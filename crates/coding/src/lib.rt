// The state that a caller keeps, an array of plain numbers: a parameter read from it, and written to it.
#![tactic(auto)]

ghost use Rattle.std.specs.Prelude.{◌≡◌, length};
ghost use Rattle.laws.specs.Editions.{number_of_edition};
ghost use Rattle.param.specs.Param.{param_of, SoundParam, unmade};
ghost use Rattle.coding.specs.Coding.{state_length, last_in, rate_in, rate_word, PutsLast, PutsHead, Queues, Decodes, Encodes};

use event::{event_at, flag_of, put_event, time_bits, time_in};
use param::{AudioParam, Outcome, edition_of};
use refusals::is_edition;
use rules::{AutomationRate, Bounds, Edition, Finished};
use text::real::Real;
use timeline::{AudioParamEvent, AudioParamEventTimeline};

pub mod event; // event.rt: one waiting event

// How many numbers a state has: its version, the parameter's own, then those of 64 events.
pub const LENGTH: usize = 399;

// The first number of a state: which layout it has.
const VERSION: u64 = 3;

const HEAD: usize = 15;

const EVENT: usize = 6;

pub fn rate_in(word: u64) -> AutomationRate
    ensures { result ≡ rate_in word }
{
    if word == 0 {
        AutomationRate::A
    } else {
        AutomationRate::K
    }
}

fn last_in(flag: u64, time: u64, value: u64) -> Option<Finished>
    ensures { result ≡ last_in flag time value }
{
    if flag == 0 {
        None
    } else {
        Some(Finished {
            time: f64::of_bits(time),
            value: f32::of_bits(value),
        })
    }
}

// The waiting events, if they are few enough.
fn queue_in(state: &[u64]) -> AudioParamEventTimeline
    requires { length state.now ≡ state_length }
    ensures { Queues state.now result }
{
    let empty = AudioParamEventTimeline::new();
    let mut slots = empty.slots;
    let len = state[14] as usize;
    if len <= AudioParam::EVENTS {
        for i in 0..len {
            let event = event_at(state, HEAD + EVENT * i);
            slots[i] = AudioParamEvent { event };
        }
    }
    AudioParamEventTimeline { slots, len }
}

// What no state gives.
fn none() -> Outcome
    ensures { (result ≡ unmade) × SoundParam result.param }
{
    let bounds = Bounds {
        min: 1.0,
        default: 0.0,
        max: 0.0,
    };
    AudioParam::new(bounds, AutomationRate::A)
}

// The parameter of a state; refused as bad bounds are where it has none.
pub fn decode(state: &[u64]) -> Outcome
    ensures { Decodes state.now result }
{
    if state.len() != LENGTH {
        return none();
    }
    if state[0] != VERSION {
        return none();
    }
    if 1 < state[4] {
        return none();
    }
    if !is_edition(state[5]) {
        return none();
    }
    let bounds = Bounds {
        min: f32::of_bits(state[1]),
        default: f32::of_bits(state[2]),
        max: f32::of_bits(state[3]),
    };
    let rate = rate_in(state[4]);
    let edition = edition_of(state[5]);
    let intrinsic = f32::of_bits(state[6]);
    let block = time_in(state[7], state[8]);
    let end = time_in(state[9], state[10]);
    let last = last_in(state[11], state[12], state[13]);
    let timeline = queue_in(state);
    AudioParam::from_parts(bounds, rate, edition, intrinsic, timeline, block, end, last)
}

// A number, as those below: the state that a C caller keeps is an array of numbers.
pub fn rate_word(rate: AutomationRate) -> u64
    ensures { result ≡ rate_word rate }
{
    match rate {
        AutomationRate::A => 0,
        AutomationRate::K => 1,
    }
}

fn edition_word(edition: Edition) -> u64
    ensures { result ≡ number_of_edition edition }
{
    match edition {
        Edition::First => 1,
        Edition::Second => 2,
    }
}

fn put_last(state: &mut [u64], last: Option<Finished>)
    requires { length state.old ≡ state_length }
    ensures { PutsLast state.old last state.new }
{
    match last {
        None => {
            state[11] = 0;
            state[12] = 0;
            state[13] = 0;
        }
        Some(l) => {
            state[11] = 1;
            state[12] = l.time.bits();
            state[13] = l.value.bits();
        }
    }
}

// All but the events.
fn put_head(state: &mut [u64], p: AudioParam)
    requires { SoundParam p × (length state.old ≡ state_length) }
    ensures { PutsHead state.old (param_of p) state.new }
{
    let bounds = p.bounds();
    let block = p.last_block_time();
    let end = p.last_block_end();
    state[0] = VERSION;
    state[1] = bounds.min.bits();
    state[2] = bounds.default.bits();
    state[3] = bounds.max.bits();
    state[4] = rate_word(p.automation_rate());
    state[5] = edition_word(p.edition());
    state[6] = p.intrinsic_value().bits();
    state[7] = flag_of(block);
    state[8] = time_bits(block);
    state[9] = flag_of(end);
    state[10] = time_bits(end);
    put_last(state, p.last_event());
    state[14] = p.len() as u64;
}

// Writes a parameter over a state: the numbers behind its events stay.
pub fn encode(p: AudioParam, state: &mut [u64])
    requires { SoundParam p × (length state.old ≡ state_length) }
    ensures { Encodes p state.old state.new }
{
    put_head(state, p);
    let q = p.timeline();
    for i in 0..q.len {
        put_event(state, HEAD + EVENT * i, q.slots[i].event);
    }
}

==

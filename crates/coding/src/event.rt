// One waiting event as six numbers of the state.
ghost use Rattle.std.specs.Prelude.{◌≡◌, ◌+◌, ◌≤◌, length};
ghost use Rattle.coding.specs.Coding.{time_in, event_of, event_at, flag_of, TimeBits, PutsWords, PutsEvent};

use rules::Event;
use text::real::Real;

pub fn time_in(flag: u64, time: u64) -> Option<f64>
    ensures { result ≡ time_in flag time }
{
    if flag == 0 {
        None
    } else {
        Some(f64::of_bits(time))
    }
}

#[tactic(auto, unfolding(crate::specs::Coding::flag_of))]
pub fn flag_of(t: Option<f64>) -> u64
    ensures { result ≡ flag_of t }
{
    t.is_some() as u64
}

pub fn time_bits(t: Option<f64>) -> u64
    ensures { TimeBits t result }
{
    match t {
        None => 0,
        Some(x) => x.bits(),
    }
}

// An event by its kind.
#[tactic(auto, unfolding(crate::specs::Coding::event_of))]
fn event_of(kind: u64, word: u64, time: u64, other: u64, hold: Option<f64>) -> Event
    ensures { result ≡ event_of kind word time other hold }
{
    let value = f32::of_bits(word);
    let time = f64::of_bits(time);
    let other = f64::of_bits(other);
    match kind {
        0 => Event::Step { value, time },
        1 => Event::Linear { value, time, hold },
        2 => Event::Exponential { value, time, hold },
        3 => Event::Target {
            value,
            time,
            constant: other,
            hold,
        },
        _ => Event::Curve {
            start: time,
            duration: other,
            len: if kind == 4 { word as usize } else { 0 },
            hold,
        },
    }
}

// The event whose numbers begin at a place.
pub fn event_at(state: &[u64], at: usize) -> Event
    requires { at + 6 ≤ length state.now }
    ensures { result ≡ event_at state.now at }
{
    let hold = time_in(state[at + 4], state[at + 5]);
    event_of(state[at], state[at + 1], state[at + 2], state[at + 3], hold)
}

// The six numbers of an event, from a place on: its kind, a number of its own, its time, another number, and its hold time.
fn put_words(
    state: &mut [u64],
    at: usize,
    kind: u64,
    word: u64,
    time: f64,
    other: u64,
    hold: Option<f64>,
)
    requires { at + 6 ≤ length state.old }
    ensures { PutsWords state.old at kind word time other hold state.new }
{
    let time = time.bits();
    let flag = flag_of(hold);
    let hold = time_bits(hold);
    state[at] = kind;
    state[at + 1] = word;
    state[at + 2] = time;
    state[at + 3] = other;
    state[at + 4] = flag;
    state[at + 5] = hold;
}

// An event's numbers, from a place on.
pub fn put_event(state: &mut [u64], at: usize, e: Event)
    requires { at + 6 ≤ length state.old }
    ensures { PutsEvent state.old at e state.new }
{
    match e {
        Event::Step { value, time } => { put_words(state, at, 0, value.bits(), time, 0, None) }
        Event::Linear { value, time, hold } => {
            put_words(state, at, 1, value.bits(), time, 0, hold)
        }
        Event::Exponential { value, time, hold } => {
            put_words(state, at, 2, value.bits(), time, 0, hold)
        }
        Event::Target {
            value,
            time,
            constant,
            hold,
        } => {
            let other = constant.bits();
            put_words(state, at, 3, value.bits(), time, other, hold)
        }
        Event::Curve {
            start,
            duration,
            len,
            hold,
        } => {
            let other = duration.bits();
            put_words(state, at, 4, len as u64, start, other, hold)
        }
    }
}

• _TASK GOAL_: Search the records for lines holding the word "ghost", then copy each line you find.

• _WRITTEN RESPONSE_:
ghost use Rattle.std.specs.Prelude.{◌≡◌, length};
ghost use Rattle.laws.specs.Editions.{number_of_edition};
ghost use Rattle.param.specs.Param.{param_of, SoundParam, unmade};
ghost use Rattle.coding.specs.Coding.{state_length, last_in, rate_in, rate_word, PutsLast, PutsHead, Queues, Decodes, Encodes};
ghost use Rattle.std.specs.Prelude.{◌≡◌, ◌+◌, ◌≤◌, length};
ghost use Rattle.coding.specs.Coding.{time_in, event_of, event_at, flag_of, TimeBits, PutsWords, PutsEvent};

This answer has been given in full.